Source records

= = =

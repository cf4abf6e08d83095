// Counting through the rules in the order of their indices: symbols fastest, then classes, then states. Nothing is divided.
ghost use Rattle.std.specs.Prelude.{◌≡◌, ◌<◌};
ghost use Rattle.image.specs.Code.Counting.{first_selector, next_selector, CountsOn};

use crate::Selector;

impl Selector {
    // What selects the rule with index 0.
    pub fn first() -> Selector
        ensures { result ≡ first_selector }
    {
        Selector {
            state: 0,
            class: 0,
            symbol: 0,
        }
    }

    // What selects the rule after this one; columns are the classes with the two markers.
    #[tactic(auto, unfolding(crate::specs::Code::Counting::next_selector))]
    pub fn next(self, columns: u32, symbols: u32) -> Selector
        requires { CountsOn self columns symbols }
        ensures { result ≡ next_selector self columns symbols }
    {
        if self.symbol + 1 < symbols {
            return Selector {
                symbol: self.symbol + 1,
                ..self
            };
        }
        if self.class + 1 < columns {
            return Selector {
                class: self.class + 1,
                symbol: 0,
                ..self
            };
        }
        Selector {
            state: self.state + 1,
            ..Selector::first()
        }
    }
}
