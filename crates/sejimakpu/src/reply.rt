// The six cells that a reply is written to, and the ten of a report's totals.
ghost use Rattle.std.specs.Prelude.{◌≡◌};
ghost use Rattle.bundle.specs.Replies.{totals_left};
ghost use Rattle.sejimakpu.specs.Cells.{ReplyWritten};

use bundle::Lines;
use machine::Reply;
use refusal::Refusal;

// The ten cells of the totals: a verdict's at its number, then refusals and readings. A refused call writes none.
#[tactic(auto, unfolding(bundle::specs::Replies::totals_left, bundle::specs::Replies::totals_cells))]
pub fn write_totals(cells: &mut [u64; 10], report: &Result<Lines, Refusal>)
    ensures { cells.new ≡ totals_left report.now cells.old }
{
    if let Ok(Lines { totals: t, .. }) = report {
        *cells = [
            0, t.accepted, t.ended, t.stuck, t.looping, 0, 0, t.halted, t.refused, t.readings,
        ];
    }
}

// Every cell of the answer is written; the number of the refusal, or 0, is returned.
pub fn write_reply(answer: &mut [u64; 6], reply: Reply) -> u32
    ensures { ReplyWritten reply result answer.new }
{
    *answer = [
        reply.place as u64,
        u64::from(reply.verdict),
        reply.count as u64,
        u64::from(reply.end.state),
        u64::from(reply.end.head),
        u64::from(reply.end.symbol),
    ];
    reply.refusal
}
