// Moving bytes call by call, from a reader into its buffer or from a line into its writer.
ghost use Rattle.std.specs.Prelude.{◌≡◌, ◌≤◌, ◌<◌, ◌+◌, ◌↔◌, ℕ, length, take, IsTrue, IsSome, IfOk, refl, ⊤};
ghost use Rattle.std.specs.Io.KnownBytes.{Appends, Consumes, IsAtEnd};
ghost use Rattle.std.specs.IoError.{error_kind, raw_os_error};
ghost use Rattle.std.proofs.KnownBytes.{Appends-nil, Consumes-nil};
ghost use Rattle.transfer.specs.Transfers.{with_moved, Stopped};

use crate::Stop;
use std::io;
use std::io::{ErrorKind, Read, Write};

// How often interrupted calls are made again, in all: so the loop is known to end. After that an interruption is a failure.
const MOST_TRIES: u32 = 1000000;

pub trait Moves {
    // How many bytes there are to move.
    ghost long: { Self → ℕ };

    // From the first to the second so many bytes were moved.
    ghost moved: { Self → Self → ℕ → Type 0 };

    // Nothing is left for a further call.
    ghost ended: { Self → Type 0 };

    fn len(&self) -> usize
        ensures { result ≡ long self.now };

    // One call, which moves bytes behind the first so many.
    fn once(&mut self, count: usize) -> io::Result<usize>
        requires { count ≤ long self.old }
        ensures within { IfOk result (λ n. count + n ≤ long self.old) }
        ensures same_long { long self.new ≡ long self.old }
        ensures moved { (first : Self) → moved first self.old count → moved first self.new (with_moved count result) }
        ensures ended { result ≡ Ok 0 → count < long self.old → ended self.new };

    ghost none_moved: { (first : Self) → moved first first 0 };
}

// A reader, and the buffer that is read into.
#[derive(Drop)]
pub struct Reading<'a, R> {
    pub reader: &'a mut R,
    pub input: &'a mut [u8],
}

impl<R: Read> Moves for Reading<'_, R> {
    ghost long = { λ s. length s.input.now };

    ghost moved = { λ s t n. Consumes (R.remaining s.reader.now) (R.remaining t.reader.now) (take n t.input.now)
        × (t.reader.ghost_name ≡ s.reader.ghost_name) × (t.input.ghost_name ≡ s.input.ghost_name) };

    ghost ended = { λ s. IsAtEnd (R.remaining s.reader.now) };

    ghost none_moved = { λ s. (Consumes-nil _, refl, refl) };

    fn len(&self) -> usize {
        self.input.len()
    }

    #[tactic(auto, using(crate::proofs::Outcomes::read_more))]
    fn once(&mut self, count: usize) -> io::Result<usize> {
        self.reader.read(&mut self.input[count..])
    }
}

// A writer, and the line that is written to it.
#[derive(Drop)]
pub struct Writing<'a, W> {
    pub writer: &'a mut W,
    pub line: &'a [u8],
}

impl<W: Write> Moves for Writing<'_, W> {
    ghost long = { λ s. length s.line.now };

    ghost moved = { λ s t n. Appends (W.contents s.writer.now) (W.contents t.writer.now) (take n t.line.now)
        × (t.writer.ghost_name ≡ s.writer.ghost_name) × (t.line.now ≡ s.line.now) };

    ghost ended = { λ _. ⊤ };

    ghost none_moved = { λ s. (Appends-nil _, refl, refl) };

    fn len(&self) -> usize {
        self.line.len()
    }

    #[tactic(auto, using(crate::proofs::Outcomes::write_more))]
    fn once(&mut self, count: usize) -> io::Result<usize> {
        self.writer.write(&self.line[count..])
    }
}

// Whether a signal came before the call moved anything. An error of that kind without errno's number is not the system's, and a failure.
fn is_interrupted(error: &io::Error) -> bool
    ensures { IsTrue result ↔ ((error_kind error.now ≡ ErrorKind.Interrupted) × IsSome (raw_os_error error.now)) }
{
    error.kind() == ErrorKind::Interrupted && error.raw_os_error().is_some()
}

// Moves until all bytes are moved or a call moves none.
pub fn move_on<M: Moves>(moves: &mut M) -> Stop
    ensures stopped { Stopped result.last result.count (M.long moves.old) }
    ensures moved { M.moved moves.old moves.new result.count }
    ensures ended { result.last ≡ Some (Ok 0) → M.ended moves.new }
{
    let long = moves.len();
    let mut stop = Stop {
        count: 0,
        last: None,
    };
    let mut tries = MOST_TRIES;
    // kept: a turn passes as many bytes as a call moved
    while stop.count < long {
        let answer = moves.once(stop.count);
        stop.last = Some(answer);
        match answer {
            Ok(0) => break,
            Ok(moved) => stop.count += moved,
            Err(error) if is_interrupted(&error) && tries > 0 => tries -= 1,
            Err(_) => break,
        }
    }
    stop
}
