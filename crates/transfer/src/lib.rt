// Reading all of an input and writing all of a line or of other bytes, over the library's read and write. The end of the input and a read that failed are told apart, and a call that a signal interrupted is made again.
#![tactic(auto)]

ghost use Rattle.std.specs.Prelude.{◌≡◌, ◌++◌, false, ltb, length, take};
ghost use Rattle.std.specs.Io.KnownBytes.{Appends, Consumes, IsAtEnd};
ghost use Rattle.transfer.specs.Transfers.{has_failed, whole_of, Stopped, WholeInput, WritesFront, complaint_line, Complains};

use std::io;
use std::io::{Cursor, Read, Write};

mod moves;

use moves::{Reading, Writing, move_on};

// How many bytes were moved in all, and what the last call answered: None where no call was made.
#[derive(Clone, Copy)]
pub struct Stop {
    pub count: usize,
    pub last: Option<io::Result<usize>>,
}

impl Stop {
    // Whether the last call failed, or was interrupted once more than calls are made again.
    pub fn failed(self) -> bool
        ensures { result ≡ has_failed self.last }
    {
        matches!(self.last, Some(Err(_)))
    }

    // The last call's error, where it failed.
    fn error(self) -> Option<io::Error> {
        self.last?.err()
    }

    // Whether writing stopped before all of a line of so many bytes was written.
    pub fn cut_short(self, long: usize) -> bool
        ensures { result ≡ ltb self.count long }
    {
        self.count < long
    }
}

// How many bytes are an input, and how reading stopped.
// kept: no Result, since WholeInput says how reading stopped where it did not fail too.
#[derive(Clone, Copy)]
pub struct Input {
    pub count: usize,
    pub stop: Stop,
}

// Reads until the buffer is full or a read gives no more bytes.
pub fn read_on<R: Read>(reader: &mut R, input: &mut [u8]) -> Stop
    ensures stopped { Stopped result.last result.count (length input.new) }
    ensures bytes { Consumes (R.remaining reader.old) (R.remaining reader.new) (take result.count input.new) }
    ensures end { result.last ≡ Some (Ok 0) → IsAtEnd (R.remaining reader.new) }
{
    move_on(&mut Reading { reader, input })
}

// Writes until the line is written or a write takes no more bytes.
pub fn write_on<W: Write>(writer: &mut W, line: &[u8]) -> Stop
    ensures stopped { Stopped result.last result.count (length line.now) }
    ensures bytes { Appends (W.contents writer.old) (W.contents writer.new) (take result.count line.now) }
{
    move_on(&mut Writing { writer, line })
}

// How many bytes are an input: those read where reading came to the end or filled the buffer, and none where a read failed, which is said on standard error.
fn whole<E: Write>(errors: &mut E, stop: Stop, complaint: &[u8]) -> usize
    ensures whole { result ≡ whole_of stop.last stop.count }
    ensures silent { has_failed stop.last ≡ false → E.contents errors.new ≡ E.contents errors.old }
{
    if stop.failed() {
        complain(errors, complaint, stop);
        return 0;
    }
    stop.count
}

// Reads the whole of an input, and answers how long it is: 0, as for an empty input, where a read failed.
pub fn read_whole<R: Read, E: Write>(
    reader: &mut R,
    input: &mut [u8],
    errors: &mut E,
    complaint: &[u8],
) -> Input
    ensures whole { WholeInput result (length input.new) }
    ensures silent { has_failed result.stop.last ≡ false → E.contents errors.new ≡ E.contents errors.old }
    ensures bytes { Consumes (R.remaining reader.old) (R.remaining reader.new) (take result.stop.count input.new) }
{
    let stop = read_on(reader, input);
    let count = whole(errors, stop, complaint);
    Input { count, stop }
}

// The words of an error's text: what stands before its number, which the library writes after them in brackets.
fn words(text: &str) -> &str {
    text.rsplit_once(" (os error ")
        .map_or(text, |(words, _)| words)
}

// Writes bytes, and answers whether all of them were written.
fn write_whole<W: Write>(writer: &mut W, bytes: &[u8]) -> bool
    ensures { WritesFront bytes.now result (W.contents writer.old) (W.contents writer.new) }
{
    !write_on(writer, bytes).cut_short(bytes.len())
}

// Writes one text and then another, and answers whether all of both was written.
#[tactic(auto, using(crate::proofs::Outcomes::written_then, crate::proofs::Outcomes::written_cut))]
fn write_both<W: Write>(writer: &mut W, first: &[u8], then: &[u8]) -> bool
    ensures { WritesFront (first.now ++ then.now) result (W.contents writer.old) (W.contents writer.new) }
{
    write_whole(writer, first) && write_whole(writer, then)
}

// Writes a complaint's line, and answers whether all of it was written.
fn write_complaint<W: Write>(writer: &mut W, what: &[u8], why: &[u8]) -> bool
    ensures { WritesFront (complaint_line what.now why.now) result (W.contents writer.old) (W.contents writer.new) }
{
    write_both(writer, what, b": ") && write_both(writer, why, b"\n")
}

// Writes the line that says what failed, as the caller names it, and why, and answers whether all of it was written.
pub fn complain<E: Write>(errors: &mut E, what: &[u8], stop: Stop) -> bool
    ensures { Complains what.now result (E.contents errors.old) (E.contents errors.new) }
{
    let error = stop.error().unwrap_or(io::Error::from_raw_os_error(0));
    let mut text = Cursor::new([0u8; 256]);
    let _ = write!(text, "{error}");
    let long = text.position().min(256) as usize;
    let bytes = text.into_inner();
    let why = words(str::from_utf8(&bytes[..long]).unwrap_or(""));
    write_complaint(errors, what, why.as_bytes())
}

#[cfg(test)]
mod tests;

= = =

◆ **What to produce**: Reproduce the lines of the entries above from the one with "0, is returned." to the one with "into its writer.", both included, exactly and without any other line.

◆ **Solved exercise**:
// Every cell of the answer is written; the number of the refusal, or 0, is returned.
pub fn write_reply(answer: &mut [u64; 6], reply: Reply) -> u32
    ensures { ReplyWritten reply result answer.new }
{
    *answer = [
        reply.place as u64,
        u64::from(reply.verdict),
        reply.count as u64,
        u64::from(reply.end.state),
        u64::from(reply.end.head),
        u64::from(reply.end.symbol),
    ];
    reply.refusal
}
// Moving bytes call by call, from a reader into its buffer or from a line into its writer.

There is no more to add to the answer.